Group teaching optimization algorithm: A novel metaheuristic method for solving global optimization problems
Introduction
Optimization problems can be found in almost all engineering fields. Thus the development of optimization techniques is very essential for engineering applications, which is an interesting research direction for researchers. Most of the conventional optimization techniques require the gradient information and hence they cannot be used to solve non-differentiable functions (Rao, Savsani & Vakharia, 2012). Moreover, such techniques usually suffer from getting trapped in a local optimum in solving complex optimization problems with many local optima (Eskandar, Sadollah, Bahreininejad & Hamdi, 2012; Mirjalili, 2016). However, many real-world engineering optimization problems are very complex, whose objective functions usually have more than one local optima (Cheng & Prayogo, 2014; Zhang, Jin & Chen, 2019b). The drawbacks of conventional optimization techniques have encouraged researchers to develop better optimization methods to solve real-world engineering optimization problems.
A growing interest has been observed in metaheuristic methods over the last two decades. Here, it is worth mentioning that research worldwide in the metaheuristic field has produced optimization approaches that have proven superior to the conventional optimization approaches (Cheng & Prayogo, 2014; Rao et al., 2012). At present, metaheuristic methods have been used successfully to solve a lot of engineering optimization problems, such as multi-robot path planning (Nazarahari, Khanmirza & Doostie, 2019), unmanned aerial vehicles navigation (Kuroki, Young & Haupt, 2010), the opinion leader detection in online social network (Jain, Katarya & Sachdeva, 2020), the identification of influential users in social network (Zareie, Sheikhahmadi & Jalili, 2020); the deployment of unmanned aerial vehicles (Wang, Ru, Wang & Huang, 2019), the data collection system of Internet of Things (Huang, Wang, Wang & Yang, 2019), the localization in wireless sensor network localization (Liao, Kao & Li, 2011). Metaheuristic methods commonly operate by combining some defined rules and randomness to simulate natural phenomena (Eskandar et al., 2012; Lee & Geem, 2005). Although every metaheuristic algorithm has its own characteristics, all metaheuristic algorithms have the following three common features: nature-inspired, randomness and adjustable parameters. To the best of our knowledge, most research on the classification of metaheuristic algorithms focus on inspiration sources (Eskandar et al., 2012; Kaveh & Bakhshpoori, 2016; Mirjalili, 2016; Zhang, Xiao, Gao & Pan, 2018a) and no attempts to divide metaheuristic algorithms based on the adjustable parameters types have been reported in the literature. Next we give the classification method of metaheuristc algorithms according to the adjustable parameters types.
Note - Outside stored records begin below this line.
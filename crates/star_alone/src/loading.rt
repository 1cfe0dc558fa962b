//! The loading of a root by one loader that never waits.

ghost use Rattle.std.specs.Prelude.{◌≡◌, IfOk, length};
ghost use Rattle.star_plan.specs.Plan.{loads_of};
ghost use Rattle.star_host.specs.Worlds.{IsTurn, IsContext};
ghost use Rattle.star_outcome.specs.Fits.{IsAsked};

use crate::cache::Cache;
use star_cache::Reply;
use star_host::LoadContext;
use star_host::gate::Open;
use star_host::loading::{LoadError, Turn, next_load, published, told_module};
use star_outcome::open_file::OpenFile;
use star_outcome::run_id::RunId;
use star_outcome::trace::CyclicLoad;
use std::alloc::AllocError;

/// Publishes how a file ended, and then says that it is done.
fn end<'s, 'r, 'p, 't, J: RunId>(
    common: &LoadContext<'s, 'r, 'p, 't>,
    cache: &mut Cache<J>,
    frame: &OpenFile<'s, J>,
) -> Result<(), LoadError>
    requires world { IsContext J.files J.plan J.shelf common.now }
    requires told { frame.now.told ≡ length (loads_of J.plan frame.now.n) }
{
    let n = frame.number();
    let told = published::<J, Open>(common, &Open, 0, frame)?;
    match cache.finish(n, told) {
        Ok(()) => Ok(()),
        Err(_) => Err(LoadError::Spoiled),
    }
}

/// One turn of the file on top.
fn take_turn<'s, 'r, 'p, 't, J: RunId>(
    common: &LoadContext<'s, 'r, 'p, 't>,
    cache: &mut Cache<J>,
    top: &mut OpenFile<'s, J>,
) -> Result<Turn, LoadError>
    requires world { IsContext J.files J.plan J.shelf common.now }
    ensures turn { IfOk result (IsTurn J.files J.plan) }
{
    let file = top.number();
    let index = top.told();
    let Some(load) = next_load(common, top) else {
        end(common, cache, top)?;
        return Ok(Turn::Ended);
    };
    match cache.ask(Some(file), load.file) {
        Ok(Reply::Begun) => return Ok(Turn::Enter(load.file)),
        Ok(Reply::Failed(_told)) => top.refuse(),
        Ok(Reply::Cycle) => {
            let loaded = load.file;
            cache.note_cycle(CyclicLoad {
                file,
                index,
                loaded,
            })?;
            top.refuse();
        }
        Ok(Reply::Ready(told)) => top.tell(told_module(common, load.file, told))?,
        Ok(Reply::Spoiled) => return Err(LoadError::Spoiled),
        Ok(Reply::Wait) => unreachable!(),
        Err(_) => return Err(LoadError::Spoiled),
    }
    Ok(Turn::Again)
}

/// Asks for a root: whether it was begun.
fn begins<J: RunId>(cache: &mut Cache<J>, root: usize) -> Result<bool, LoadError>
    requires { IsAsked J.files J.plan root }
{
    match cache.ask(None, root) {
        Ok(Reply::Begun) => Ok(true),
        Ok(Reply::Ready(_told)) => Ok(false),
        Ok(Reply::Failed(_told)) => Ok(false),
        Ok(Reply::Cycle) => unreachable!(),
        Ok(Reply::Wait) => unreachable!(),
        Ok(Reply::Spoiled) => Err(LoadError::Spoiled),
        Err(_) => Err(LoadError::Spoiled),
    }
}

/// Loads a file and all that it loads, unless it has ended. A file whose load was begun asks for it again once it has
/// ended. `Memory` if an allocation failed. `Unpublished` where a cell of the shelf had something already, and after
/// 2^64 - 1 turns. `Spoiled` where the book refuses a call.
pub(crate) fn load<'s, 'r, 'p, 't, J: RunId>(
    common: &LoadContext<'s, 'r, 'p, 't>,
    cache: &mut Cache<J>,
    root: usize,
) -> Result<(), LoadError>
    requires world { IsContext J.files J.plan J.shelf common.now }
    requires root { IsAsked J.files J.plan root }
{
    let mut stack: Vec<OpenFile<'s, J>> = Vec::new(common.alloc);
    if begins(cache, root)? {
        stack
            .push(OpenFile::new(common.alloc, root))
            .map_err(AllocError::from)?;
    }
    for _ in 0..u64::MAX {
        let Some(top) = stack.last_mut() else {
            return Ok(());
        };
        match take_turn(common, cache, top)? {
            Turn::Again => {}
            Turn::Enter(m) => stack
                .push(OpenFile::new(common.alloc, m))
                .map_err(AllocError::from)?,
            Turn::Ended => {
                let _ = stack.pop();
            }
        }
    }
    Err(LoadError::Unpublished)
}
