//! The beginnings of the lines of JSON.

ghost use Rattle.std.specs.Prelude.{◌≡◌, ◌++◌, OnOk, length, string_bytes};
ghost use Rattle.star_store.specs.Json.{begun};

use std::alloc::AllocError;

/// How long a line end and the beginning of a line are.
pub(crate) fn line_length(prefix: &str, indent: &str, depth: u32) -> u128
    ensures { result ≡ length (begun prefix.now indent.now depth) }
{
    1 + prefix.len() as u128 + depth as u128 * indent.len() as u128
}

/// Puts a line end and the beginning of a line after a text: the prefix, and the indent this many times.
pub(crate) fn put_line(
    out: &mut String,
    prefix: &str,
    indent: &str,
    depth: u32,
) -> Result<(), AllocError>
    ensures { OnOk result (string_bytes out.new ≡ string_bytes out.old ++ begun prefix.now indent.now depth) }
{
    out.push('\n')?;
    out.push_str(prefix)?;
    for _i in 0..depth {
        out.push_str(indent)?;
    }
    Ok(())
}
The adjustable parameters of metaheuristic algorithms generally include common parameters and special parameters. Common parameters are essential for every metaheuristic algorithm, which usually include population size and stopping criterion (e.g. the maximum number of function evaluations or the maximum number of iterations). Such parameters can be called Type I parameters. As for special parameters, they reflect the features of algorithms themselves, which can be divided into two categories as follows. Some special parameters need to be set in the initialization phase of algorithms, which can be called Type II parameters, such as crossover rate and mutation rate in differential evolution (Storn & Price, 1997) and the inertia weight in particle swarm optimization (Shi & Eberhart, 1998). Moreover, another some special parameters are usually associated with the type I parameters like the control parameter “α” in grey wolf optimizer (Mirjalili, Mirjalili & Lewis, 2014), which can be called Type III parameters. Based on the different types of parameters, metaheuristic algorithms can be divided into as follows: (1) Type I parameters-based algorithms, such as teaching-learning-based optimization (TLBO) (Rao, Savsani & Vakharia, 2011) and neural network algorithm (NNA) (Sadollah, Sayyaadi & Yadav, 2018); (2) Type I and II parameters-based algorithms, such as particle swarm optimization (PSO) (Shi & Eberhart, 1998), differential evolution (DE) (Storn & Price, 1997), harmony search (Lee & Geem, 2005), biogeography-based optimization (Simon, 2008) and cuckoo search (CS) (Yang & Deb, 2009); (3) Type I and III parameters-based algorithms, such as gray wolf optimizer (GWO) (Mirjalili et al., 2014), whale optimization algorithm (WOA) (Mirjalili & Lewis, 2016), sine cosine algorithm (SCA) (Mirjalili, 2016) and salp swarm algorithm (SSA) (Mirjalili et al., 2017); (4) Type I, II and III parameters-based algorithms, such as water cycle algorithm (WCA) (Eskandar et al., 2012).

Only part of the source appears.